Cincinnati Pride started in 1973. In 2018, the event had approximately 120,000 attendees. The pride parade serves as the anchor event. The event has corporate and non-profit sponsors, including presenting sponsor Delta Air Lines, as well as others including P&G, US Bank, Fifth Third Bank, The Kroger Co., and TriHealth. Various LGBT and affinity groups are involved, too, including Human Rights Campaign, PFLAG, GLSEN, Dykes on Bikes, Imperial Court System, and various BDSM groups. Churches, entertainers and politicians are also involved.

==Festival==
The festival formed out of a political rally held in Fountain Square in Cincinnati. Today, the festival takes place at Sawyer Point Park and Yeatman's Cove the last weekend in June, the Cincinnati Pride Festival, along with the Pride Parade, commemorates the 1969 Stonewall riots in New York City. Previously, after the first Pride in April 1973, the event was held the second Sunday in June.

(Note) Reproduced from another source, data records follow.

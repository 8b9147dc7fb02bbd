//! How a run has ended, as a status (docs/language.md, "Statuses").

ghost use Rattle.std.specs.Prelude.{◌≡◌};
ghost use Rattle.rg_commands.specs.Settled.{status_of_ended};

use rg_base::Ended;
use rg_words::Status;

/// The status of a run.
pub(crate) fn status_of(ended: Ended) -> Status
    ensures is { result ≡ status_of_ended ended }
{
    match ended {
        Ended::Done => Status::Done,
        Ended::Spent => Status::Spent,
        Ended::Trap { kind, line } => Status::Trap { kind, line },
        Ended::InputFault => Status::InputFault,
        Ended::OutputFault => Status::OutputFault,
        Ended::Memory => Status::Memory,
    }
}
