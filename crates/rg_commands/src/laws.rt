//! The law of what a command answers, as the contract of a function that does nothing
//! (docs/promises.md, "The headline").

ghost use Rattle.rg_commands.specs.Laws.{OneAnswer};

use rg_lines::same_runs;
use rg_loading::loads_come_to_one;
use rg_module::at_most_one_module;
use rg_verify::raised_alike;

/// A command answers the same to its bytes, whichever of the programs that raise a module is meant.
pub fn answers_are_one()
    ensures { OneAnswer }
{
    same_runs();
    at_most_one_module();
    raised_alike();
    loads_come_to_one();
}
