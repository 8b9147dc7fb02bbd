//! `plain FILE [--steps N]`: runs a program on the machine that never frees.

ghost use Rattle.std.specs.Prelude.{◌≡◌, ℕ, List, Some};
ghost use Rattle.rg_tree.specs.Rows.RowTrees.{program_of};
ghost use Rattle.rg_run.specs.Machine.{IsFresh, Kept};
ghost use Rattle.rg_rules.specs.Names.{FewNames};
ghost use Rattle.rg_words.specs.Commands.{plain, in_file};
ghost use Rattle.rg_words.specs.Answers.{CausedBeside, ForInput};
ghost use Rattle.rg_sources.specs.Sources.{Sources, spelt, Means, Runs};
ghost use Rattle.rg_commands.specs.Settled.{Settles};

use crate::ended::status_of;
use rg_base::Stop;
use rg_check::{Accepted, check};
use rg_input::Numbers;
use rg_io::{Sink, Source};
use rg_plain::PlainMachine;
use rg_tree::Program;
use rg_words::Status;
use std::alloc::Global;

/// Runs an accepted program on a machine of its own for at most so many steps.
fn plain_accepted<I: Source, O: Sink>(
    alloc: Global,
    accepted: &Accepted,
    steps: u64,
    input: &mut I,
    out: &mut O,
) -> Status
    ensures settles { (file : List ℕ) (source : Sources) (m : Kept) →
        Runs (in_file file) source (program_of accepted.now.program) → IsFresh m →
        ForInput (I.left input.old) (λ bytes. Settles (plain file steps) source (Some bytes) result
        (O.taken out.old) (O.taken out.new) m (input.new ≡ input.old)) }
    ensures caused { CausedBeside result (I.faults input.old) (I.faults input.new)
        (O.faults out.old) (O.faults out.new) }
{
    let program = accepted.program();
    let mut machine = PlainMachine::new(alloc);
    let Ok(()) = machine.begin(alloc, program) else {
        return Status::Memory;
    };
    let mut numbers = Numbers::new();
    let counted = machine.run_counting(alloc, program, steps, &mut numbers, input, out);
    status_of(counted.ended)
}

/// Checks a program, and runs it on a machine of its own.
pub(crate) fn plain_program<I: Source, O: Sink>(
    alloc: Global,
    program: Program,
    steps: u64,
    input: &mut I,
    out: &mut O,
) -> Status
    requires { FewNames (program_of program) }
    ensures settles { (file : List ℕ) (source : Sources) (m : Kept) →
        Means source.file (spelt (program_of program)) → IsFresh m →
        ForInput (I.left input.old) (λ bytes. Settles (plain file steps) source (Some bytes) result
        (O.taken out.old) (O.taken out.new) m (input.new ≡ input.old)) }
    ensures caused { CausedBeside result (I.faults input.old) (I.faults input.new)
        (O.faults out.old) (O.faults out.new) }
{
    match check(alloc, program) {
        Err(Stop::Fault(fault)) => Status::Refused(fault),
        Err(Stop::Memory) => Status::Memory,
        Ok(accepted) => plain_accepted(alloc, &accepted, steps, input, out),
    }
}
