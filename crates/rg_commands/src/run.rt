//! `run FILE` and `slide FILE`, with their options: run a program on the machine.

ghost use Rattle.std.specs.Prelude.{◌≡◌, ℕ, List, false};
ghost use Rattle.rg_tree.specs.Rows.RowTrees.{program_of};
ghost use Rattle.rg_code.specs.Lowering.{Lowers};
ghost use Rattle.rg_run.specs.Machine.{IsFresh};
ghost use Rattle.rg_rules.specs.Names.{FewNames};
ghost use Rattle.rg_words.specs.Answers.{ForInput};
ghost use Rattle.rg_words.specs.Commands.{run, Origin};
ghost use Rattle.rg_sources.specs.Sources.{Sources, spelt, Means, Runs};
ghost use Rattle.rg_commands.specs.Setting.{IsUnused, IsLent, SlidesOn, SlidesTo, RanIn, DoesIn};
ghost use Rattle.rg_commands.specs.Setting.{ReportedIn, CausedIn, PacedIn};
ghost use Rattle.rg_commands.specs.Tallies.{TunedTo, RunAskedBy, RunAskedOf, SayYesOf};

use crate::ended::status_of;
use crate::setting::Setting;
use rg_base::Stop;
use rg_check::{Accepted, check};
use rg_code::CodeList;
use rg_input::Numbers;
use rg_io::{Sink, Source};
use rg_lower::lower;
use rg_pace::Pacer;
use rg_run::Machine;
use rg_tree::Program;
use rg_words::{RunOptions, Status};

/// An accepted program with its code.
#[derive(Drop)]
struct Lowered<'a> {
    accepted: &'a Accepted,
    code: CodeList,
}

/// Chooses whether what a collection of a traced region keeps moves.
fn choose(slides: bool, machine: &mut Machine)
    requires fresh { IsFresh machine.old }
    requires stays { machine.old.stepper.slides ≡ false }
    ensures fresh { IsFresh machine.new }
    ensures slides { machine.new.stepper.slides ≡ slides }
{
    if slides {
        machine.slide();
    }
}

impl<O: Sink, R: Sink> Setting<'_, O, R> {
    /// Runs code on the machine. With a report, the lines of collections are given to the notes.
    fn run_code<I: Source>(
        &mut self,
        lowered: &Lowered<'_>,
        options: RunOptions,
        input: &mut I,
        count: &mut dyn Pacer,
        trace: &mut dyn Pacer,
    ) -> Status
        requires fresh { IsFresh self.old.machine.now }
        requires lowers { Lowers (program_of lowered.now.accepted.now.program) lowered.now.code }
        ensures ran { (origin : Origin) (source : Sources) →
            Runs origin source (program_of lowered.now.accepted.now.program) →
            ForInput (I.left input.old) (λ bytes.
            RanIn O.taken origin options.steps source bytes result
            self.old self.new (input.new ≡ input.old)
            × RunAskedBy origin source bytes result self.new.machine.now
            (tally count.old) (tally count.new) (tally trace.old) (tally trace.new)) }
        ensures notes { ReportedIn R.taken options.report result self.old self.new }
        ensures paced { PacedIn self.new
            (tally count.old) (tally count.new) (tally trace.old) (tally trace.new) }
        ensures caused { CausedIn O.faults R.faults result (I.faults input.old) (I.faults input.new)
            self.old self.new }
        ensures kept { IsLent self.old self.new × SlidesOn self.old self.new }
    {
        let ran = self.machine.run(
            self.alloc,
            lowered.accepted,
            &lowered.code,
            options.steps,
            options.report,
            &mut Numbers::new(),
            input,
            self.out,
            self.notes,
            count,
            trace,
        );
        status_of(ran)
    }

    /// Tunes both pacers, lowers an accepted program and runs its code.
    pub(crate) fn run_accepted<I: Source>(
        &mut self,
        accepted: &Accepted,
        options: RunOptions,
        input: &mut I,
        count: &mut dyn Pacer,
        trace: &mut dyn Pacer,
    ) -> Status
        requires { IsFresh self.old.machine.now }
        ensures ran { (origin : Origin) (source : Sources) →
            Runs origin source (program_of accepted.now.program) →
            ForInput (I.left input.old) (λ bytes.
            RanIn O.taken origin options.steps source bytes result
            self.old self.new (input.new ≡ input.old)
            × RunAskedOf origin options.every source bytes result self.new.machine.now
            (tally count.old) (tally count.new) (tally trace.old) (tally trace.new)) }
        ensures notes { ReportedIn R.taken options.report result self.old self.new }
        ensures tuned { TunedTo options.every (tally count.new) (tally trace.new) }
        ensures yeses { SayYesOf self.new.machine.now
            (tally count.old) (tally count.new) (tally trace.old) (tally trace.new) }
        ensures caused { CausedIn O.faults R.faults result (I.faults input.old) (I.faults input.new)
            self.old self.new }
        ensures kept { IsLent self.old self.new × SlidesOn self.old self.new }
    {
        count.tune(options.every);
        trace.tune(options.every);
        let Ok(code) = lower(self.alloc, accepted) else {
            return Status::Memory;
        };
        let lowered = Lowered { accepted, code };
        self.run_code(&lowered, options, input, count, trace)
    }

    /// Checks a program, and runs it on the machine.
    pub(crate) fn run_program<I: Source>(
        &mut self,
        program: Program,
        options: RunOptions,
        input: &mut I,
        count: &mut dyn Pacer,
        trace: &mut dyn Pacer,
    ) -> Status
        requires unused { IsUnused self.old }
        requires names { FewNames (program_of program) }
        ensures settles { (file : List ℕ) (source : Sources) →
            Means source.file (spelt (program_of program)) →
            ForInput (I.left input.old) (λ bytes. DoesIn O.taken
            (run options.slides file options.steps options.every options.report)
            source bytes result self.old self.new (input.new ≡ input.old)
            (tally count.old) (tally count.new) (tally trace.old) (tally trace.new)) }
        ensures notes { ReportedIn R.taken options.report result self.old self.new }
        ensures tuned { ¬ IsFresh self.new.machine.now →
            TunedTo options.every (tally count.new) (tally trace.new) }
        ensures yeses { SayYesOf self.new.machine.now
            (tally count.old) (tally count.new) (tally trace.old) (tally trace.new) }
        ensures caused { CausedIn O.faults R.faults result (I.faults input.old) (I.faults input.new)
            self.old self.new }
        ensures kept { IsLent self.old self.new × SlidesTo options.slides self.new }
    {
        choose(options.slides, self.machine);
        match check(self.alloc, program) {
            Err(Stop::Fault(fault)) => Status::Refused(fault),
            Err(Stop::Memory) => Status::Memory,
            Ok(accepted) => self.run_accepted(&accepted, options, input, count, trace),
        }
    }
}
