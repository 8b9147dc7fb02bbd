//! `pack FILE`: writes the module of a program.

ghost use Rattle.std.specs.Prelude.{ℕ, List, Option};
ghost use Rattle.rg_tree.specs.Rows.RowTrees.{program_of};
ghost use Rattle.rg_run.specs.Machine.{IsFresh, Kept};
ghost use Rattle.rg_rules.specs.Names.{FewNames};
ghost use Rattle.rg_words.specs.Commands.{pack, in_file};
ghost use Rattle.rg_words.specs.Answers.{CausedByOutput};
ghost use Rattle.rg_sources.specs.Sources.{Sources, spelt, Means, Runs};
ghost use Rattle.rg_commands.specs.Settled.{Settles};

use rg_base::Stop;
use rg_build::packed;
use rg_check::{Accepted, check};
use rg_io::{Sink, put_all};
use rg_lower::lower;
use rg_tree::Program;
use rg_words::Status;
use std::alloc::Global;

/// Gives the bytes of an accepted program's module to the output.
fn pack_accepted<O: Sink>(alloc: Global, accepted: &Accepted, out: &mut O) -> Status
    ensures settles { (file : List ℕ) (source : Sources) (left : Option (List ℕ)) (m : Kept) →
        Runs (in_file file) source (program_of accepted.now.program) → IsFresh m →
        Settles (pack file) source left result
        (O.taken out.old) (O.taken out.new) m (Unit {0}) }
    ensures caused { CausedByOutput result (O.faults out.old) (O.faults out.new) }
{
    let Ok(code) = lower(alloc, accepted) else {
        return Status::Memory;
    };
    match packed(alloc, accepted, &code) {
        Err(_) => Status::Memory,
        Ok(bytes) => match put_all(out, bytes.bytes()) {
            Ok(()) => Status::Done,
            Err(_) => Status::OutputFault,
        },
    }
}

/// Gives the bytes of a program's module to the output, if it is accepted.
pub(crate) fn pack_program<O: Sink>(alloc: Global, program: Program, out: &mut O) -> Status
    requires { FewNames (program_of program) }
    ensures settles { (file : List ℕ) (source : Sources) (left : Option (List ℕ)) (m : Kept) →
        Means source.file (spelt (program_of program)) → IsFresh m →
        Settles (pack file) source left result
        (O.taken out.old) (O.taken out.new) m (Unit {0}) }
    ensures caused { CausedByOutput result (O.faults out.old) (O.faults out.new) }
{
    match check(alloc, program) {
        Err(Stop::Fault(fault)) => Status::Refused(fault),
        Err(Stop::Memory) => Status::Memory,
        Ok(accepted) => pack_accepted(alloc, &accepted, out),
    }
}
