//! `bulk N`: runs a generated program without an input, and tells the numbers of the machine.

ghost use Rattle.std.specs.Prelude.{◌≡◌, ℕ, List};
ghost use Rattle.rg_base.specs.Report as report;
ghost use Rattle.rg_tree.specs.Rows.RowTrees.{program_of};
ghost use Rattle.rg_run.specs.Machine.{IsFresh, numbers_of};
ghost use Rattle.rg_rules.specs.Acceptance.{Accepted as IsAccepted};
ghost use Rattle.rg_rules.specs.Names.{FewNames};
ghost use Rattle.rg_words.specs.Commands.{bulk, generated};
ghost use Rattle.rg_words.specs.Answers.{PutLine, CausedByOutput};
ghost use Rattle.rg_sources.specs.Sources.{Sources, spelt, MeansFrom, Runs};
ghost use Rattle.rg_commands.specs.Setting.{IsLent, SlidesOn, DoesIn, CausedIn};
ghost use Rattle.rg_commands.specs.Tallies.{TunedTo, SayYesOf};

use crate::setting::{NoInput, Setting};
use rg_base::{MOST_STEPS, Stop};
use rg_check::{Accepted, check};
use rg_io::{Sink, put_all};
use rg_pace::Pacer;
use rg_report::bulk_line;
use rg_run::Machine;
use rg_tree::Program;
use rg_words::{RunOptions, Status};
use std::alloc::Global;

/// Gives the line of `bulk` to the output.
fn put_bulk_line<O: Sink>(alloc: Global, size: u32, out: &mut O, machine: &Machine) -> Status
    ensures put { PutLine result (report.bulk_line size (numbers_of machine.now))
        (O.taken out.old) (O.taken out.new) }
    ensures caused { CausedByOutput result (O.faults out.old) (O.faults out.new) }
{
    let numbers = machine.numbers();
    match bulk_line(alloc, u64::from(size), &numbers) {
        Err(_) => Status::Memory,
        Ok(line) => match put_all(out, line.bytes()) {
            Ok(()) => Status::Done,
            Err(_) => Status::OutputFault,
        },
    }
}

impl<O: Sink, R: Sink> Setting<'_, O, R> {
    /// Runs a generated program without an input, and tells the machine's numbers behind it.
    fn bulk_accepted(
        &mut self,
        accepted: &Accepted,
        size: u32,
        count: &mut dyn Pacer,
        trace: &mut dyn Pacer,
    ) -> Status
        requires { IsFresh self.old.machine.now }
        ensures settles { (source : Sources) (bytes : List ℕ) →
            Runs (generated size) source (program_of accepted.now.program) →
            DoesIn O.taken (bulk size) source bytes result self.old self.new (Unit {0})
            (tally count.old) (tally count.new) (tally trace.old) (tally trace.new) }
        ensures notes { R.taken self.new.notes.now ≡ R.taken self.old.notes.now }
        ensures tuned { TunedTo 0 (tally count.new) (tally trace.new) }
        ensures yeses { SayYesOf self.new.machine.now
            (tally count.old) (tally count.new) (tally trace.old) (tally trace.new) }
        ensures caused { CausedIn O.faults R.faults result 0 0 self.old self.new }
        ensures kept { IsLent self.old self.new × SlidesOn self.old self.new }
    {
        let mut input = NoInput;
        let options = RunOptions {
            slides: false,
            steps: MOST_STEPS,
            every: 0,
            report: false,
        };
        let ran = self.run_accepted(accepted, options, &mut input, count, trace);
        if let Status::Done = ran {
            return put_bulk_line(self.alloc, size, self.out, self.machine);
        }
        ran
    }

    /// Runs a generated program: it is accepted.
    pub(crate) fn bulk_program(
        &mut self,
        program: Program,
        size: u32,
        count: &mut dyn Pacer,
        trace: &mut dyn Pacer,
    ) -> Status
        requires fresh { IsFresh self.old.machine.now }
        requires names { FewNames (program_of program) }
        requires accepted { IsAccepted (program_of program) }
        ensures settles { (source : Sources) (bytes : List ℕ) →
            MeansFrom (generated size) source (spelt (program_of program)) →
            DoesIn O.taken (bulk size) source bytes result self.old self.new (Unit {0})
            (tally count.old) (tally count.new) (tally trace.old) (tally trace.new) }
        ensures notes { R.taken self.new.notes.now ≡ R.taken self.old.notes.now }
        ensures tuned { ¬ IsFresh self.new.machine.now →
            TunedTo 0 (tally count.new) (tally trace.new) }
        ensures yeses { SayYesOf self.new.machine.now
            (tally count.old) (tally count.new) (tally trace.old) (tally trace.new) }
        ensures caused { CausedIn O.faults R.faults result 0 0 self.old self.new }
        ensures kept { IsLent self.old self.new × SlidesOn self.old self.new }
    {
        match check(self.alloc, program) {
            Err(Stop::Fault(_)) => unreachable!(),
            Err(Stop::Memory) => Status::Memory,
            Ok(accepted) => self.bulk_accepted(&accepted, size, count, trace),
        }
    }
}
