// The members of an attempt, by its writes.
#![tactic(auto)]

pub mod below;
pub mod members;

In addition to the parade and festival, the event's organizers have expanded the celebration to include numerous fundraisers, gay-themed city bike rides, movie screenings, fashion shows featuring the work of local designers, brunches, and local events at the Cincinnati Art Museum.

==Administration==
After the 40th anniversary of the festival, in 2013, Cincinnati Pride incorporated as a non-profit organization in the State of Ohio and was granted its tax exempt status as a public charity in November, 2015 by the IRS. It is governed by a volunteer board of trustees and ran entirely by volunteers. Before becoming an independent Pride organization, the event was run by various local LGBT groups, including the Greater Cincinnati Gay & Lesbian Coalition (1978–1993), the independent committee known as Cincinnati Pride (2000–2004), the Gay and Lesbian Center of Greater Cincinnati (2004–2009), and the Greater Cincinnati Gay Chamber of Commerce (2010–2013).